Doğup ölenleri oldu, gelip gidenleri oldu,
Evlerin içi devir devir değişti
Evlerin dışı pencere, duvar.
Vurulmuş vurgunların yücelttiği evlerde
Kalbi kara insanlar oturdu.
Gündelik korkuların çökerttiği evlerde
O fıkara insanlar oturdu.
Evlerin çoğu eskidi gitti, tamir edilemedi,
Evlerin çoğu gereği gibi tasvir edilemedi.
Kimi hayata doymuş göründü,
Bazılara zamana uydular.
Evlerin içi oda oda üzüntü,
Evlerin dışı pencere, duvar.
Evlerde saadetler sabunlar gibi köpürdü:
Eve geldi bir tane, nar gibi,
Arttı, eksilmedi.
Evleri felaketler taunlar gibi süpürdü.
Kaderden eski fırtınalar gibi,
Ardı kesilmedi.
Evlerin çoğunda dirlik düzen
Kalan bir hatıra oldu geçmişte.
Gönül almak, hatır saymak arama.
Evlatlar aileye asi işte,
Bir çığ ki kopmuş gider, üzüntüden.
Evlerde nice nice cinayetler işlendi,
Ruhu bile duymadı insanların.
Dört duvar arasında aile sırları,
Bunca çocuk, bunca erkek, bunca kadın,
Gözyaşlarıyla beslendi.
Çocuklar, büyük adam yerine evlerin kiminde:
Çocukları işe koştu kalabalık aileler.
Okul çağının kadersiz yavruları,
Ufacık avuçlardan akşamları akan ter,
Tuz yerine geçti evlerin yemeğinde.
İnananların kaderi besbelli evlere bağlı,
Zengin evler fakirlere çok yüksekten baktılar,
Kendi seviyesinde evler kız verdi, kız aldı.

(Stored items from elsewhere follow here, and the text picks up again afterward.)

//! Whole runs: whatever packets are delivered, lost, repeated or reordered, and whatever nodes stop and start anew.

ghost use Rattle.std.specs.Prelude.{◌≡◌, ◌⊎◌, ◌∷◌, ◌++◌, ◌≤◌, ℕ, List, Some, length};
ghost use Rattle.mc_model.specs.message.Ids.{node_of};
ghost use Rattle.mc_model.specs.message.Decree.{Author, Decree, Attempt, Deleted};
ghost use Rattle.mc_model.specs.message.Chain.{GoesOn, IsPermitted, final_in};
ghost use Rattle.mc_model.specs.synod.Lists.{In};
ghost use Rattle.mc_model.specs.synod.OneSlot.{Vote};
ghost use Rattle.mc_model.specs.synod.Packet.{Packet, Slot, Propose, slot_of};
ghost use Rattle.mc_model.specs.node.Outcome.{Outcome, IsOutcome};
ghost use Rattle.mc_model.specs.node.Room.{most_waiting};
ghost use Rattle.mc_model.specs.node.Replies.{Removed};
ghost use Rattle.mc_model.specs.node.Act.{Concludes, Restarts, Stops, Abandons, Grants, Replies, Reports};
ghost use Rattle.mc_model.specs.node.Concerns.{Concerns};
ghost use Rattle.mc_model.specs.node.Knowledge.{Knows};
ghost use Rattle.mc_model.specs.cluster.World.{Deed, cast, IsChosenIn, Run, past_of, world_of};
ghost use Rattle.mc_model.specs.cluster.Fate.{IsToldChosen, States, deed_by};
ghost use Rattle.mc_model.specs.cluster.Loose.{LooseRun, end_of};
ghost use Rattle.mc_model.specs.cluster.Decrees.{IsDeletion, HasItsError, IsTimely};
ghost use Rattle.mc_laws.specs.Receipts.{EndsInItsTold};

/// Once a chain is chosen at a ballot, every vote of its slot at that ballot or above carries it, across all starts anew and
/// votes of which no packet told, in every loose run.
pub fn what_is_chosen_stays()
    ensures { (run : LooseRun) (slot : Slot) (chosen : Vote) (acceptor : ℕ) (vote : Vote) →
        IsChosenIn (end_of run) slot chosen →
        In (cast acceptor slot vote) (end_of run).votes →
        chosen.ballot ≤ vote.ballot → vote.chain ≡ chosen.chain }
{}

/// Of two chosen chains of one message one goes on from the other, in every loose run.
pub fn chosen_chains_agree()
    ensures { (run : LooseRun) (one other : Slot) (first second : Vote) →
        one.id ≡ other.id →
        IsChosenIn (end_of run) one first →
        IsChosenIn (end_of run) other second →
        GoesOn first.chain second.chain ⊎ GoesOn second.chain first.chain }
{}

/// Each chosen chain is a permitted one: its message was taken before its expiry, by the node and in the incarnation that its id names, and each
/// other decree may follow the one before.
pub fn chosen_chains_are_permitted()
    ensures { (run : Run) (slot : Slot) (vote : Vote) →
        IsChosenIn (world_of run) slot vote → IsPermitted slot.id vote.chain }
{}

/// While an attempt of a node in its incarnation is not closed there, no proposal goes on from it: neither a cancel nor the
/// expiry passes it, in any loose run.
pub fn an_open_attempt_is_not_passed()
    ensures { (run : LooseRun) (sender : ℕ) (slot : Slot) (vote : Vote) (node : ℕ) (last : Decree) (more : List Decree)
        (newest : Decree) (older : List Decree) (number : ℕ) →
        In (Propose sender slot vote) (end_of run).packets →
        vote.chain ≡ last ∷ (more ++ newest ∷ older) →
        newest.kind ≡ Attempt number →
        newest.author ≡ record { node = node; incarnation = ((end_of run).actors node).incarnation } →
        ((outcome : Outcome) → In (slot_of slot.id (newest ∷ older), outcome) ((end_of run).actors node).closed → ⊥) → ⊥ }
{}

/// Each statement that a message is DELETED, as ESME_ROK to a cancel_sm, stands on a cancel_sm that came before, with the
/// account and the addresses of what was taken, and was settled.
pub fn deleted_stands_on_a_cancel()
    ensures { (run : Run) (newer : List Deed) (stating : Deed) (older : List Deed) (id : ℕ) →
        past_of run ≡ newer ++ stating ∷ older →
        (states : States stating id Deleted) → IsDeletion id states.chain older }
{}

/// In a cluster every packet that was sent concerns every node, so that no node ignores any.
pub fn every_packet_concerns_every_node()
    ensures { (run : Run) (node : ℕ) (packet : Packet) →
        In packet (world_of run).packets →
        Concerns run.nodes node ((world_of run).actors node) packet }
{}

/// ESME_ROK to a cancel_sm tells of a chain that ends in DELETED.
pub fn a_cancelled_message_is_deleted()
    ensures { (run : Run) (deed : Deed) (ticket id : ℕ) (chain : List Decree) →
        In deed (past_of run) → deed.act ≡ Replies ticket id (Removed chain) → final_in chain ≡ Some Deleted }
{}

/// A receipt is written by the node that the id names, and by no other.
pub fn receipts_are_of_the_node_of_the_id()
    ensures { (run : Run) (deed : Deed) (id : ℕ) (chain : List Decree) →
        In deed (past_of run) → deed.act ≡ Reports id chain → node_of id ≡ deed.node }
{}

/// A receipt is written on a chain that ends in a Told of the node that writes it, in that incarnation of it. That chain is chosen; and the node knows it
/// then, and as long as it lives.
pub fn a_receipt_stands_on_its_told()
    ensures told { (run : Run) (deed : Deed) (id : ℕ) (chain : List Decree) →
        In deed (past_of run) → deed.act ≡ Reports id chain → EndsInItsTold deed chain }
    ensures chosen { (run : Run) (deed : Deed) (id : ℕ) (chain : List Decree) →
        In deed (past_of run) → deed.act ≡ Reports id chain → IsToldChosen (world_of run) id chain }
    ensures known { (run : Run) (deed : Deed) (id : ℕ) (chain : List Decree) →
        In deed (past_of run) → deed.act ≡ Reports id chain → deed.incarnation ≡ ((world_of run).actors deed.node).incarnation →
        Knows run.nodes ((world_of run).actors deed.node).received id chain }
{}

/// An attempt that was given up for want of a session was not granted by that node in that incarnation, neither before nor
/// after.
pub fn what_is_given_up_was_never_granted()
    ensures { (run : Run) (author : Author) (slot : Slot) →
        In (deed_by author (Abandons slot)) (past_of run) → In (deed_by author (Grants slot)) (past_of run) → ⊥ }
{}

/// The newest decree of a chain that is proposed has the moment of the decree before it, or one that its author's clock had in
/// that incarnation: no decree is ahead of the clock and the chain.
pub fn no_decree_is_ahead_of_the_clock()
    ensures { (run : Run) (sender : ℕ) (slot : Slot) (vote : Vote) →
        In (Propose sender slot vote) (world_of run).packets → IsTimely (past_of run) vote.chain }
{}

/// A proposal that a message expires or is deleted has no error, and one that it cannot be delivered has that of its last
/// failure.
pub fn decrees_have_their_errors()
    ensures { (run : Run) (sender : ℕ) (slot : Slot) (vote : Vote) →
        In (Propose sender slot vote) (world_of run).packets → HasItsError vote.chain }
{}

/// No more than 1,000 requests wait at a node.
pub fn a_full_desk_takes_no_request()
    ensures { (run : Run) (node : ℕ) → length ((world_of run).actors node).waiting ≤ most_waiting }
{}

/// The outcome of an attempt is one that a response can give, or that there was none; and in an incarnation it comes once.
pub fn an_outcome_is_possible_and_comes_once()
    ensures possible { (run : Run) (deed : Deed) (slot : Slot) (outcome : Outcome) →
        In deed (past_of run) → deed.act ≡ Concludes slot outcome → IsOutcome outcome }
    ensures once { (run : Run) (newer : List Deed) (deed : Deed) (older : List Deed) (slot : Slot) (outcome other : Outcome) →
        past_of run ≡ newer ++ deed ∷ older → deed.act ≡ Concludes slot outcome →
        In (record deed { act = Concludes slot other }) older → ⊥ }
{}

/// A node that has stopped does nothing more in that incarnation but start anew.
pub fn a_node_that_stopped_starts_anew()
    ensures { (run : Run) (newer : List Deed) (deed : Deed) (older : List Deed) →
        past_of run ≡ newer ++ deed ∷ older → In (record deed { act = Stops }) older →
        (lost : ℕ) × (serial : ℕ) × (deed.act ≡ Restarts lost serial) }
{}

Bazıları özlediler daha yüksek hayatı,
Çırpındılar daha üste çıkmaya
Evler bırakmadı.
Yeni yeni tüterken ocakların dumanı
Kadın en büyük kuvvet erkeğin işinde
Erkekleri kaçtı, kadınları kaçtı
Evler dilsiz şikayet kaçmışların peşinde.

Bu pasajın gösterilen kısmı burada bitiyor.